There is no harm in thinking about Leonardo when you are too busy to slow down to drink some water when you are thirsty, when you have to sneak away for lunch, when you forget to bring your wallet so you have to spend more money on the movie, when you park in 10 min zone because you can't afford to pay for the parking ticket, and when you are still working at four o'clock in an empty lab where everybody has gone home!
I went to work early today hoping that I will be able to finish work early and can rest for a while, but no, I can't. Discover that there's no sterile eppendorf in the lab so I have to work in university today. It suits me because friend invited me to have lunch with her today. The experiment drags on as I sterilize the eppendorf for an hour and I can't wait any longer before lunch. Centrifuge everything and go to lunch with friend. Talk with her about tonight. I am going to watch Howl's Moving Castle with her. Meet with M. He said he doesn't want to watch a cartoon movie, but may be able to go to Sin City in the holiday. Yay! Yay! Watching movie together!
Get the homework for sister. Hope she has already done it, otherwise it will become yet another burden. Collect the test questions and she can try them in the hospital.

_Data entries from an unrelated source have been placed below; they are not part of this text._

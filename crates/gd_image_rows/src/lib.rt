//! Worked rows that cross crates, as tests: commands over an image, which are looked at, made and run.
#![tactic(auto)]

#[cfg(test)]
mod commands;
#[cfg(test)]
mod images;
#[cfg(test)]
mod runs;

I still have to see two more lectuers to get notes and homework for her.
The experiment is still being run now. Hopefully I will be able to finish some of it today before five. I don't want to go overtime!
I will have to make more control tomorrow, and one of the bottle shattered anyway so I have to make 1 more peptone dilution. That's okay. No biggie.

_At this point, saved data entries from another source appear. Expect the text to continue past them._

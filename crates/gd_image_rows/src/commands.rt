//! Commands over an image in memory: what they are handed, how they end, what they print, and what they leave.

use gd_base::{Draws, MemorySink, MemorySource};
use gd_disk::{DISK_LEN, Disk, MemoryDisk, MemoryLab};
use gd_runs::runs::{lines, zeros};
use gd_top::{Status, cabinet};
use std::alloc::Global;
use std::process::Abort;
use std::test::Fail;

/// The most bytes of a report.
pub const ROOM: usize = 2000;

/// A command, and how it goes.
#[derive(Drop)]
pub struct Step<'a> {
    /// Its words.
    pub words: &'a [&'a str],
    /// The lines of the setup's file. Where there are none its first take fails.
    pub setup: Option<&'a [&'a str]>,
    /// The lines of the script, likewise.
    pub script: Option<&'a [&'a str]>,
    /// What it ends with.
    pub status: Status,
    /// The lines that it prints.
    pub report: &'a [&'a str],
    /// Whether the bytes of the disk stand.
    pub stands: bool,
}

/// What a command is handed beside its words and its blocks.
#[derive(Drop)]
pub struct Given {
    /// The file of the setup.
    pub setup: MemorySource,
    /// The script.
    pub script: MemorySource,
    /// For how many bytes the sink has room.
    pub room: usize,
    /// The disk with the image.
    pub disk: MemoryDisk,
}

/// How a command over an image ended.
#[derive(Drop)]
pub struct Ran {
    /// What it ended with.
    pub status: Status,
    /// What it printed.
    pub output: MemorySink,
    /// The disk as it was left.
    pub disk: MemoryDisk,
}

/// Carries out the words.
pub fn carry_out<W: Draws + Drop>(
    alloc: Global,
    words: &[&str],
    given: Given,
    draws: W,
) -> Result<Ran, Fail> {
    let Given {
        mut setup,
        mut script,
        room,
        disk,
    } = given;
    if disk.len() != DISK_LEN {
        return Err(Fail::new("another length"));
    }
    let mut output = MemorySink::with_room(alloc, room)?;
    let lab = MemoryLab::new(alloc, DISK_LEN)?;
    let ended = cabinet(
        alloc,
        words,
        &mut script,
        &mut setup,
        &mut output,
        lab,
        disk,
        draws,
    );
    Ok(Ran {
        status: ended.status,
        output,
        disk: ended.disk,
    })
}

/// A source of these lines, or one whose first take fails.
pub fn source_of(alloc: Global, given: Option<&[&str]>) -> Result<MemorySource, Fail> {
    match given {
        Some(given) => Ok(MemorySource::of(lines(alloc, given)?, None)),
        None => Ok(MemorySource::of(Vec::new(alloc), Some(1))),
    }
}

/// Carries out the command of a step, with room for as many bytes of output.
pub fn carry_step<W: Draws + Drop>(
    alloc: Global,
    disk: MemoryDisk,
    draws: W,
    room: usize,
    step: &Step,
) -> Result<Ran, Fail> {
    let given = Given {
        setup: source_of(alloc, step.setup)?,
        script: source_of(alloc, step.script)?,
        room,
        disk,
    };
    carry_out(alloc, step.words, given, draws)
}

/// A step ends and prints as wanted. What it leaves isn't looked at.
pub fn expect_told<W: Draws + Drop>(
    rt: &impl Abort,
    alloc: Global,
    disk: MemoryDisk,
    draws: W,
    step: &Step,
) -> Result<MemoryDisk, Fail> {
    let ran = carry_step(alloc, disk, draws, ROOM, step)?;
    assert_eq!(rt; ran.status, step.status, "{:?}", step.words);
    assert_eq!(rt;
        ran.output.bytes(),
        lines(alloc, step.report)?.as_slice(),
        "{:?}",
        step.words
    );
    Ok(ran.disk)
}

/// A step goes as wanted.
pub fn expect_step<W: Draws + Drop>(
    rt: &impl Abort,
    alloc: Global,
    disk: MemoryDisk,
    draws: W,
    step: &Step,
) -> Result<MemoryDisk, Fail> {
    let mut disk = disk;
    let before = bytes_of(alloc, &mut disk)?;
    let mut disk = expect_told(rt, alloc, disk, draws, step)?;
    assert_eq!(rt;
        bytes_of(alloc, &mut disk)? == before,
        step.stands,
        "{:?}",
        step.words
    );
    Ok(disk)
}

/// Steps over one disk go as wanted, one after another. Each block is of zeros.
pub fn expect_steps(
    rt: &impl Abort,
    alloc: Global,
    disk: MemoryDisk,
    steps: &[Step],
) -> Result<MemoryDisk, Fail> {
    let mut disk = disk;
    for step in steps {
        disk = expect_step(rt, alloc, disk, zeros(alloc), step)?;
    }
    Ok(disk)
}

/// A command that reads neither a setup nor a script, and leaves the bytes of the disk: its words, what it ends with, and the lines
/// that it prints.
pub type Look<'a> = (&'a [&'a str], Status, &'a [&'a str]);

/// Such commands over one disk go as wanted, one after another.
pub fn expect_looks(
    rt: &impl Abort,
    alloc: Global,
    disk: MemoryDisk,
    looks: &[Look],
) -> Result<MemoryDisk, Fail> {
    let mut disk = disk;
    for (words, status, report) in looks {
        let step = Step {
            words: *words,
            setup: None,
            script: None,
            status: *status,
            report: *report,
            stands: true,
        };
        disk = expect_step(rt, alloc, disk, zeros(alloc), &step)?;
    }
    Ok(disk)
}

/// Steps over a memory that was made, with these masks put on bytes of it.
pub fn expect_over(
    rt: &impl Abort,
    alloc: Global,
    masks: &[(usize, u8)],
    steps: &[Step],
) -> Result<(), Fail> {
    let disk = altered(rt, alloc, masks)?;
    let _disk = expect_steps(rt, alloc, disk, steps)?;
    Ok(())
}

/// A disk of zeros, whose call `fail_at` fails.
pub fn zero_disk(alloc: Global, fail_at: Option<u64>) -> Result<MemoryDisk, Fail> {
    Ok(MemoryDisk::of(vec![in alloc; 0; DISK_LEN as usize]?, fail_at))
}

/// The bytes of the disk.
pub fn bytes_of(alloc: Global, disk: &mut MemoryDisk) -> Result<Vec<u8>, Fail> {
    let mut bytes = vec![in alloc; 0; DISK_LEN as usize]?;
    if disk.len() != DISK_LEN || disk.read(0, &mut bytes).is_err() {
        return Err(Fail::new("the disk isn't read"));
    }
    Ok(bytes)
}

/// A memory is made.
pub const MAKING: Step = Step {
    words: &["init", "m"],
    setup: None,
    script: None,
    status: Status::Done,
    report: &["made"],
    stands: false,
};

/// A memory that was made, with these masks put on bytes of it.
pub fn altered(rt: &impl Abort, alloc: Global, masks: &[(usize, u8)]) -> Result<MemoryDisk, Fail> {
    let disk = zero_disk(alloc, None)?;
    let mut disk = expect_step(rt, alloc, disk, zeros(alloc), &MAKING)?;
    let mut bytes = bytes_of(alloc, &mut disk)?;
    for (at, mask) in masks {
        if let Some(byte) = bytes.get_mut(*at) {
            *byte ^= *mask;
        }
    }
    Ok(MemoryDisk::of(bytes, None))
}

/// What `check` tells of the copies. Something can be booted.
pub fn expect_copies(
    rt: &impl Abort,
    alloc: Global,
    disk: MemoryDisk,
    copies: &[&str],
) -> Result<(), Fail> {
    let looks = [(["check", "m"].as_slice(), Status::Done, copies)];
    let _disk = expect_looks(rt, alloc, disk, &looks)?;
    Ok(())
}

/// A mask on byte 2,000 of copy a, which is in its page 1: the place on the disk, and the mask.
pub const IN_A: (usize, u8) = (2000, 1);

/// A mask on byte 9,000 of copy b, which is in its page 15.
pub const IN_B: (usize, u8) = (17_457 + 9000, 1);

/// The digests of the built-in setup, and of the one that has a credit of one cent.
pub const DIFFERS: &str =
    "differs kept 52b9d80093ab6a5364b17697949a86777b889bd9198bf1417bd4521e72a89f96 given 61d6a9a7340f789ca4dd8a02eb04288ae3c85b24efa781728d3f48fecfc6995a";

I am so happy! Maybe will watch a movie with M! Yay, yay, yay.

8/22/2005

Chef

Mum and dad are not at home whole day. I make beef dill cake by myself. Following the recipe, the only hard thing is to wrap the dough around the mince paste. The first cake looks awful and doesn't even close properly, then the second one I succeed. Cool! I have made nearly twenty beef dill cakes. They are easy to re-heat, nice and small to bring to the office the next day so there is none left already!
Play piano for a while when I am bored after typing on the computer. I try very hard to concentrate on work in the weekend, but soon lose interest in it because I can always do it from Monday to Friday when I am in the office! However, I am glad that I did some Chinese searching so there is a lot of information in my disk about ozone. Cool. I will read it and translate the information into English tomorrow.
Watch CSI in the evening. Make hot sour soup, but mum cut most of the vegetables and I come up with the idea. They are too busy to think about food at the moment.
Meet M on MSN today. He is studying for his test. Good luck to him and maybe I will see him today in university. You never know. Hopefully today will be another good day.